--- INFORMATION SUPPLIED Enclosed Below ---

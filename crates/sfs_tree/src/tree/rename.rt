// Rename. What can be refused memory is done first: the new row, where none is there. A row that is there gets the
// child in place of its own, which takes no memory.
ghost use Rattle.std.specs.Prelude.{◌≡◌, ◌==◌, ◌&&◌, ◌||◌, ◌<◌, ◌≤◌, ℕ, List, None, Some, true, IfOk, OnErr};
ghost use Rattle.std.specs.FinMap as finmap;
ghost use Rattle.tree_laws.specs.declared.call.Call.TheVariants as call;

use super::Tree;
use super::faults::refused;
use sfs_base::{Name, NoMemory, NodeId};
use tree_laws::{Code, Reply};

impl Tree {
    ghost use Rattle.tree_laws.specs.Tree.{row_of, is_directory, lies_below};
    ghost use Rattle.tree_laws.specs.NameRow.{number_of};
    ghost use Rattle.tree_laws.specs.Sound.{IsSound};
    ghost use Rattle.tree_laws.specs.Verdict.{directory_fault, move_row, move_fault, place_fault};
    ghost use Rattle.std.specs.Option.{option_or};
    ghost use Rattle.tree_laws.specs.Step.{IsStep, IsLine};

    pub(super) fn rename(
        &mut self,
        dir: NodeId,
        name: &Name,
        to_dir: NodeId,
        to_name: &Name,
    ) -> Result<Reply, NoMemory>
        requires { IsSound self.old }
        ensures ok { IfOk result (λ reply. (core : ℕ) → IsStep self.old core (call.Rename dir name.now to_dir to_name.now) reply self.new) }
        ensures err { OnErr result (self.new ≡ self.old) }
    {
        if let Some(code) = self.either_fault(dir, to_dir) {
            return Ok(refused(code));
        }
        match self.child(dir, name) {
            Some(child) => self.move_child(dir, name, to_dir, to_name, child),
            None => Ok(refused(Code::NoEntry)),
        }
    }

    // Why one of two directories can't be used.
    fn either_fault(&self, dir: NodeId, to_dir: NodeId) -> Option<Code>
        ensures { result ≡ option_or (directory_fault self.now dir.0) (directory_fault self.now to_dir.0) }
    {
        match self.directory_fault(dir) {
            Some(code) => Some(code),
            None => self.directory_fault(to_dir),
        }
    }

    // Moves the child of a row to another row.
    fn move_child(
        &mut self,
        dir: NodeId,
        name: &Name,
        to_dir: NodeId,
        to_name: &Name,
        child: NodeId,
    ) -> Result<Reply, NoMemory>
        requires sound { IsSound self.old }
        requires row { row_of self.old dir.0 name.now ≡ Some child.0 }
        requires directory { is_directory self.old to_dir.0 ≡ true }
        ensures ok { IfOk result (λ reply. IsLine self.old (move_row self.old dir.0 name.now to_dir.0 to_name.now (Some child.0)) reply self.new) }
        ensures err { OnErr result (self.new ≡ self.old) }
    {
        let there = self.child(to_dir, to_name);
        if there == Some(child) {
            return Ok(Reply::Ok);
        }
        if let Some(code) = self.move_fault(child, to_dir, to_name, there) {
            return Ok(refused(code));
        }
        match there {
            Some(there) => self
                .store
                .move_onto(dir.0, name, to_dir.0, to_name, child, there),
            None => self
                .store
                .move_row(dir.0, name, to_dir.0, to_name.copy()?, child)?,
        }
        Ok(Reply::Ok)
    }

    // Why a child can't move to a row, where something is there or not.
    fn move_fault(
        &self,
        child: NodeId,
        to_dir: NodeId,
        to_name: &Name,
        there: Option<NodeId>,
    ) -> Option<Code>
        requires sound { IsSound self.now }
        requires directory { is_directory self.now to_dir.0 ≡ true }
        requires there { number_of there ≡ row_of self.now to_dir.0 to_name.now }
        ensures { result ≡ move_fault self.now child.0 to_dir.0 to_name.now }
    {
        if self.is_within(to_dir, child) {
            return Some(Code::Invalid);
        }
        match there {
            Some(there) => self.onto_fault(child, there),
            None => self.room_fault(to_dir, to_name),
        }
    }

    // Whether the child is a directory, and the other directory is this one or lies below it.
    fn is_within(&self, to_dir: NodeId, child: NodeId) -> bool
        requires sound { IsSound self.now }
        requires directory { is_directory self.now to_dir.0 ≡ true }
        ensures { result ≡ (is_directory self.now child.0
            && (to_dir.0 == child.0 || lies_below self.now to_dir.0 child.0)) }
    {
        self.is_directory(child) && (to_dir.0 == child.0 || self.lies_below(to_dir, child))
    }

    // Why a child can't take the place of another.
    fn onto_fault(&self, child: NodeId, there: NodeId) -> Option<Code>
        ensures { (to_dir : ℕ) (to_name : List ℕ) → result ≡ place_fault self.now child.0 to_dir to_name (Some there.0) }
    {
        let is_directory = self.is_directory(there);
        if self.is_directory(child) && !is_directory {
            Some(Code::NotDir)
        } else if !self.is_directory(child) && is_directory {
            Some(Code::IsDir)
        } else if is_directory && self.store.inside(there.0) != 0 {
            Some(Code::NotEmpty)
        } else {
            None
        }
    }

    // Why a further row has no place.
    fn room_fault(&self, to_dir: NodeId, to_name: &Name) -> Option<Code>
        ensures { (child : ℕ) → result ≡ place_fault self.now child to_dir.0 to_name.now None }
    {
        if self.is_full(to_dir, to_name) {
            Some(Code::DirFull)
        } else {
            None
        }
    }

    // Whether a directory lies below another.
    fn lies_below(&self, node: NodeId, directory: NodeId) -> bool
        requires sound { IsSound self.now }
        requires directory { is_directory self.now node.0 ≡ true }
        ensures { result ≡ lies_below self.now node.0 directory.0 }
    {
        let mut place = node.0;
        let mut steps = self.store.total();
        while steps > 0 {
            match self.store.holder(place) {
                Some(holder) if holder == directory.0 => return true,
                Some(holder) => place = holder,
                None => return false,
            }
            steps -= 1;
        }
        false
    }
}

--- End of Enclosed INFORMATION SUPPLIED ---

TASK DIRECTIONS:
Return the whole listing exactly, with every line included.

ANSWER BOX:
filename crates/sfs_tree/src/tree/rename.rt
// Rename. What can be refused memory is done first: the new row, where none is there. A row that is there gets the
// child in place of its own, which takes no memory.
ghost use Rattle.std.specs.Prelude.{◌≡◌, ◌==◌, ◌&&◌, ◌||◌, ◌<◌, ◌≤◌, ℕ, List, None, Some, true, IfOk, OnErr};
ghost use Rattle.std.specs.FinMap as finmap;
ghost use Rattle.tree_laws.specs.declared.call.Call.TheVariants as call;

use super::Tree;
use super::faults::refused;
use sfs_base::{Name, NoMemory, NodeId};
use tree_laws::{Code, Reply};

impl Tree {
    ghost use Rattle.tree_laws.specs.Tree.{row_of, is_directory, lies_below};
    ghost use Rattle.tree_laws.specs.NameRow.{number_of};
    ghost use Rattle.tree_laws.specs.Sound.{IsSound};
    ghost use Rattle.tree_laws.specs.Verdict.{directory_fault, move_row, move_fault, place_fault};
    ghost use Rattle.std.specs.Option.{option_or};
    ghost use Rattle.tree_laws.specs.Step.{IsStep, IsLine};

    pub(super) fn rename(
        &mut self,
        dir: NodeId,
        name: &Name,
        to_dir: NodeId,
        to_name: &Name,
    ) -> Result<Reply, NoMemory>
        requires { IsSound self.old }
        ensures ok { IfOk result (λ reply. (core : ℕ) → IsStep self.old core (call.Rename dir name.now to_dir to_name.now) reply self.new) }
        ensures err { OnErr result (self.new ≡ self.old) }
    {
        if let Some(code) = self.either_fault(dir, to_dir) {
            return Ok(refused(code));
        }
        match self.child(dir, name) {
            Some(child) => self.move_child(dir, name, to_dir, to_name, child),
            None => Ok(refused(Code::NoEntry)),
        }
    }

    // Why one of two directories can't be used.
    fn either_fault(&self, dir: NodeId, to_dir: NodeId) -> Option<Code>
        ensures { result ≡ option_or (directory_fault self.now dir.0) (directory_fault self.now to_dir.0) }
    {
        match self.directory_fault(dir) {
            Some(code) => Some(code),
            None => self.directory_fault(to_dir),
        }
    }

    // Moves the child of a row to another row.
    fn move_child(
        &mut self,
        dir: NodeId,
        name: &Name,
        to_dir: NodeId,
        to_name: &Name,
        child: NodeId,
    ) -> Result<Reply, NoMemory>
        requires sound { IsSound self.old }
        requires row { row_of self.old dir.0 name.now ≡ Some child.0 }
        requires directory { is_directory self.old to_dir.0 ≡ true }
        ensures ok { IfOk result (λ reply. IsLine self.old (move_row self.old dir.0 name.now to_dir.0 to_name.now (Some child.0)) reply self.new) }
        ensures err { OnErr result (self.new ≡ self.old) }
    {
        let there = self.child(to_dir, to_name);
        if there == Some(child) {
            return Ok(Reply::Ok);
        }
        if let Some(code) = self.move_fault(child, to_dir, to_name, there) {
            return Ok(refused(code));
        }
        match there {
            Some(there) => self
                .store
                .move_onto(dir.0, name, to_dir.0, to_name, child, there),
            None => self
                .store
                .move_row(dir.0, name, to_dir.0, to_name.copy()?, child)?,
        }
        Ok(Reply::Ok)
    }

    // Why a child can't move to a row, where something is there or not.
    fn move_fault(
        &self,
        child: NodeId,
        to_dir: NodeId,
        to_name: &Name,
        there: Option<NodeId>,
    ) -> Option<Code>
        requires sound { IsSound self.now }
        requires directory { is_directory self.now to_dir.0 ≡ true }
        requires there { number_of there ≡ row_of self.now to_dir.0 to_name.now }
        ensures { result ≡ move_fault self.now child.0 to_dir.0 to_name.now }
    {
        if self.is_within(to_dir, child) {
            return Some(Code::Invalid);
        }
        match there {
            Some(there) => self.onto_fault(child, there),
            None => self.room_fault(to_dir, to_name),
        }
    }

    // Whether the child is a directory, and the other directory is this one or lies below it.
    fn is_within(&self, to_dir: NodeId, child: NodeId) -> bool
        requires sound { IsSound self.now }
        requires directory { is_directory self.now to_dir.0 ≡ true }
        ensures { result ≡ (is_directory self.now child.0
            && (to_dir.0 == child.0 || lies_below self.now to_dir.0 child.0)) }
    {
        self.is_directory(child) && (to_dir.0 == child.0 || self.lies_below(to_dir, child))
    }

    // Why a child can't take the place of another.
    fn onto_fault(&self, child: NodeId, there: NodeId) -> Option<Code>
        ensures { (to_dir : ℕ) (to_name : List ℕ) → result ≡ place_fault self.now child.0 to_dir to_name (Some there.0) }
    {
        let is_directory = self.is_directory(there);
        if self.is_directory(child) && !is_directory {
            Some(Code::NotDir)
        } else if !self.is_directory(child) && is_directory {
            Some(Code::IsDir)
        } else if is_directory && self.store.inside(there.0) != 0 {
            Some(Code::NotEmpty)
        } else {
            None
        }
    }

    // Why a further row has no place.
    fn room_fault(&self, to_dir: NodeId, to_name: &Name) -> Option<Code>
        ensures { (child : ℕ) → result ≡ place_fault self.now child to_dir.0 to_name.now None }
    {
        if self.is_full(to_dir, to_name) {
            Some(Code::DirFull)
        } else {
            None
        }
    }

    // Whether a directory lies below another.
    fn lies_below(&self, node: NodeId, directory: NodeId) -> bool
        requires sound { IsSound self.now }
        requires directory { is_directory self.now node.0 ≡ true }
        ensures { result ≡ lies_below self.now node.0 directory.0 }
    {
        let mut place = node.0;
        let mut steps = self.store.total();
        while steps > 0 {
            match self.store.holder(place) {
                Some(holder) if holder == directory.0 => return true,
                Some(holder) => place = holder,
                None => return false,
            }
            steps -= 1;
        }
        false
    }
}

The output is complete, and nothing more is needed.